Weフォーラムのため、1週間ほど留守にすることもあって、その前しばらくは本の予約を控えていた。フォーラムがすんで帰ってきて、ぼんやりと図書館の新着リストを見ていたら、萩原朔美のこんな本が出ていた。誰も借りてなかったし、ちらっと目次を見ると増田通二さんが出てたので、おっと思って借りてきた。ニキ美術館をつくった増田静江さんの夫で、あの建物を設計した人である。

プロローグに、寺山さんのアフォリズムを真似てみたくなった、とこんな言葉が書いてある。

▼『面白い人が居ない時代は不幸だ。しかし、面白い人を求める時代はもっと不幸だ』 (p.5)
増田さんのほかに出てくるのは、真似てみたくなったという寺山修司、母の萩原葉子、森茉莉、土方巽、沼正三、東野芳明。「私が逢った」というとおり、私・萩原朔美が見た、そして関わりのあった「異才たち」の人生が書かれている。借りてきた日に読みはじめたら、ぐいぐい読んでしまった。

もう「異才たち」はみなあの世へ旅立った。萩原朔美だって60代なのだ。
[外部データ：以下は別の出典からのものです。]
// The work on a job that was judged and accepted: its zones kept are worked as zones all of which count. Where every zone is kept that is
// the job as it was lent. Else their lists are gathered first, and what belongs to a zone is put back at it, in functions of their own, so that
// the common case clears no room. Each function tells the two by one test, and no function does it for all, since what is worked on the
// gathered lists differs.
ghost use Rattle.std.specs.Prelude.{◌≡◌, ◌*◌, length};
ghost use Rattle.whole.specs.Table.{table};
ghost use Rattle.account.specs.Answers.{listed, job_figures, job_locals};
ghost use Rattle.account.specs.Classes.{class_sums, class_locals_of};
ghost use Rattle.account.specs.Rank.{twelve};
ghost use Rattle.account.specs.Steps.{Classed, gathered, gathered_pairs, place_in, ranked};

use crate::keeping::KeptLists;
use crate::lists::{ClassLists, JobLists, ShuffleRows};
use crate::{Counts, Sums, classes, keeping, ranking, working};

// Room for what is gathered of any job.
#[derive(Drop)]
struct Room {
    values: [i32; 64],
    weights: [u8; 4096],
    places: [u8; 64],
}

impl Room {
    fn new() -> Room {
        Room {
            values: [0; 64],
            weights: rooms::room(),
            places: [0; 64],
        }
    }
}

// The job of the zones kept, and the place of each zone of the whole job among them.
#[derive(Clone, Copy)]
struct Gathered<'a> {
    job: JobLists<'a>,
    places: &'a [u8],
}

// Gathers the job of the zones kept into room that is lent.
fn gather<'a>(kept: &KeptLists, room: &'a mut Room) -> Gathered<'a>
    ensures n { result.job.n ≡ length kept.now.zones.now }
    ensures values { result.job.values.now ≡ gathered kept.now.job.values.now kept.now.zones.now }
    ensures weights { result.job.weights.now
        ≡ gathered_pairs kept.now.job.n kept.now.job.weights.now kept.now.zones.now }
    ensures places { result.places.now ≡ table (place_in kept.now.zones.now) kept.now.job.n }
{
    let KeptLists { job, zones } = *kept;
    let Room {
        values,
        weights,
        places,
    } = room;
    let many = zones.len();
    let pairs = many * many;
    let kept_values = &mut values[..many];
    kept.gather(job.values, kept_values);
    let kept_weights = &mut weights[..pairs];
    kept.gather_pairs(job.weights, kept_weights);
    let places = &mut places[..job.n];
    kept.find_places(places);
    Gathered {
        job: JobLists {
            n: many,
            values: kept_values,
            weights: kept_weights,
        },
        places,
    }
}

// The local numerators of a job some of whose zones are left out. That a list has room for each zone is a clause here, below and of what is
// called here: n is the job's, and no type can say it of a list that C lends.
fn gathered_locals(kept: &KeptLists, locals: &mut [i64])
    requires { length locals.old ≡ kept.now.job.n }
    ensures { locals.new
        ≡ job_locals kept.now.job.n kept.now.job.values.now kept.now.job.weights.now }
{
    let mut room = Room::new();
    let gathered = gather(kept, &mut room);
    let job = gathered.job;
    let mut local_space: [i64; 64] = [0; 64];
    let kept_locals = &mut local_space[..job.n];
    working::zone_locals(&job.summed(), job.weights, kept_locals);
    keeping::put_back(gathered.places, kept_locals, locals);
}

// The local numerators of a job.
pub(super) fn put_locals(kept: &KeptLists, locals: &mut [i64])
    requires { length locals.old ≡ kept.now.job.n }
    ensures { locals.new
        ≡ job_locals kept.now.job.n kept.now.job.values.now kept.now.job.weights.now }
{
    let KeptLists { job, zones } = *kept;
    if zones.len() == job.n {
        let whole = kept.whole();
        working::zone_locals(&whole.summed(), whole.weights, locals);
        return;
    }
    gathered_locals(kept, locals);
}

// The sums of a job some of whose zones are left out.
fn gathered_sums(kept: &KeptLists, locals: &mut [i64]) -> Sums
    requires { length locals.old ≡ kept.now.job.n }
    ensures result_value { listed result
        ≡ job_figures kept.now.job.n kept.now.job.values.now kept.now.job.weights.now }
    ensures locals_after { locals.new
        ≡ job_locals kept.now.job.n kept.now.job.values.now kept.now.job.weights.now }
{
    let missing = kept::count_missing(kept.job.values);
    let mut room = Room::new();
    let gathered = gather(kept, &mut room);
    let mut local_space: [i64; 64] = [0; 64];
    let kept_locals = &mut local_space[..gathered.job.n];
    let sums = working::zone_sums(&gathered.job, missing, kept_locals);
    keeping::put_back(gathered.places, kept_locals, locals);
    sums
}

// The sums of a job, with its local numerators in `locals`.
pub(super) fn job_sums(kept: &KeptLists, locals: &mut [i64]) -> Sums
    requires { length locals.old ≡ kept.now.job.n }
    ensures result_value { listed result
        ≡ job_figures kept.now.job.n kept.now.job.values.now kept.now.job.weights.now }
    ensures locals_after { locals.new
        ≡ job_locals kept.now.job.n kept.now.job.values.now kept.now.job.weights.now }
{
    let KeptLists { job, zones } = *kept;
    if zones.len() == job.n {
        return working::zone_sums(&kept.whole(), 0, locals);
    }
    gathered_sums(kept, locals)
}

// The class account of a job some of whose zones are left out.
fn gathered_classes(
    kept: &KeptLists,
    classes: &[u8],
    rows: &mut [i64; 27],
    class_locals: &mut [i64],
    locals: &mut [i64],
) -> Sums
    requires classed { Classed classes.now kept.now.job.n }
    requires class_locals_len { length class_locals.old ≡ 9 * kept.now.job.n }
    requires locals_len { length locals.old ≡ kept.now.job.n }
    ensures result_value { listed result
        ≡ job_figures kept.now.job.n kept.now.job.values.now kept.now.job.weights.now }
    ensures rows_after { rows.new
        ≡ class_sums kept.now.job.n kept.now.job.values.now kept.now.job.weights.now classes.now }
    ensures class_locals_after { class_locals.new
        ≡ class_locals_of kept.now.job.n kept.now.job.values.now kept.now.job.weights.now classes.now }
    ensures locals_after { locals.new
        ≡ job_locals kept.now.job.n kept.now.job.values.now kept.now.job.weights.now }
{
    let missing = kept::count_missing(kept.job.values);
    let mut room = Room::new();
    let gathered = gather(kept, &mut room);
    let many = gathered.job.n;
    let pairs = many * many;
    let mut class_space: [u8; 4096] = rooms::room();
    let kept_classes = &mut class_space[..pairs];
    kept.gather_pairs(classes, kept_classes);
    let nine = 9 * many;
    let mut nine_space: [i64; 576] = [0; 576];
    let kept_nine = &mut nine_space[..nine];
    let mut local_space: [i64; 64] = [0; 64];
    let kept_locals = &mut local_space[..many];
    let lists = ClassLists {
        job: gathered.job,
        classes: kept_classes,
    };
    let sums = classes::zone_classes(&lists, missing, rows, kept_nine, kept_locals);
    keeping::put_back_rows(gathered.places, many, kept_nine, class_locals);
    keeping::put_back(gathered.places, kept_locals, locals);
    sums
}

// The class account of a job.
pub(super) fn work_classes<'a>(
    kept: &KeptLists<'a>,
    classes: &'a [u8],
    rows: &mut [i64; 27],
    class_locals: &mut [i64],
    locals: &mut [i64],
) -> Sums
    requires classed { Classed classes.now kept.now.job.n }
    requires class_locals_len { length class_locals.old ≡ 9 * kept.now.job.n }
    requires locals_len { length locals.old ≡ kept.now.job.n }
    ensures result_value { listed result
        ≡ job_figures kept.now.job.n kept.now.job.values.now kept.now.job.weights.now }
    ensures rows_after { rows.new
        ≡ class_sums kept.now.job.n kept.now.job.values.now kept.now.job.weights.now classes.now }
    ensures class_locals_after { class_locals.new
        ≡ class_locals_of kept.now.job.n kept.now.job.values.now kept.now.job.weights.now classes.now }
    ensures locals_after { locals.new
        ≡ job_locals kept.now.job.n kept.now.job.values.now kept.now.job.weights.now }
{
    let KeptLists { job, zones } = *kept;
    if zones.len() == job.n {
        let lists = ClassLists {
            job: kept.whole(),
            classes,
        };
        return classes::zone_classes(&lists, 0, rows, class_locals, locals);
    }
    gathered_classes(kept, classes, rows, class_locals, locals)
}

// The rank of a job some of whose zones are left out, by desk.
fn gathered_rank(kept: &KeptLists, shuffles: &ShuffleRows) -> [Counts; 4]
    requires { shuffles.now.n ≡ kept.now.job.n }
    ensures { twelve result
        ≡ ranked kept.now.job.n kept.now.job.values.now kept.now.job.weights.now shuffles.now.rows shuffles.now.shuffles.now
        shuffles.now.desks.now }
{
    let mut room = Room::new();
    let gathered = gather(kept, &mut room);
    let many = gathered.job.n;
    let rows = shuffles.rows;
    let numbers = rows * many;
    let mut shuffle_space: [u8; 31936] = rooms::room();
    let kept_shuffles = &mut shuffle_space[..numbers];
    keeping::keep_rows(shuffles, gathered.places, many, kept_shuffles);
    let kept_rows = ShuffleRows {
        n: many,
        shuffles: kept_shuffles,
        desks: shuffles.desks,
        rows,
    };
    ranking::zone_rank(&gathered.job, &kept_rows)
}

// The rank of a job, by desk.
pub(super) fn work_rank(kept: &KeptLists, shuffles: &ShuffleRows) -> [Counts; 4]
    requires { shuffles.now.n ≡ kept.now.job.n }
    ensures { twelve result
        ≡ ranked kept.now.job.n kept.now.job.values.now kept.now.job.weights.now shuffles.now.rows shuffles.now.shuffles.now
        shuffles.now.desks.now }
{
    let KeptLists { job, zones } = *kept;
    if zones.len() == job.n {
        return ranking::zone_rank(&kept.whole(), shuffles);
    }
    gathered_rank(kept, shuffles)
}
1946年生まれ、じじいになりつつある萩原朔美の、若い頃の話でもあって、同世代といってもどこにいたか、何をしていたか、どんな履歴かによって様々だろうけれど、(団塊とよばれる世代の先頭が若かった頃は、こんなんでもあったんかなア)と思った。

私は萩原葉子の暗い暗い、自伝的といわれる小説を高校生の頃に読んでしまったせいか、ずっと長いこと萩原葉子といえば陰惨な印象ばかり強かった。それがあるとき、親しい友だったという森茉莉の『ドッキリチャンネル』を読んでみたら、そこに出てくる萩原葉子は、むしろコミカルで、律儀で、ヤッタルデとがんばる人で、ほんまに同じ人なんかと思ったくらいだった。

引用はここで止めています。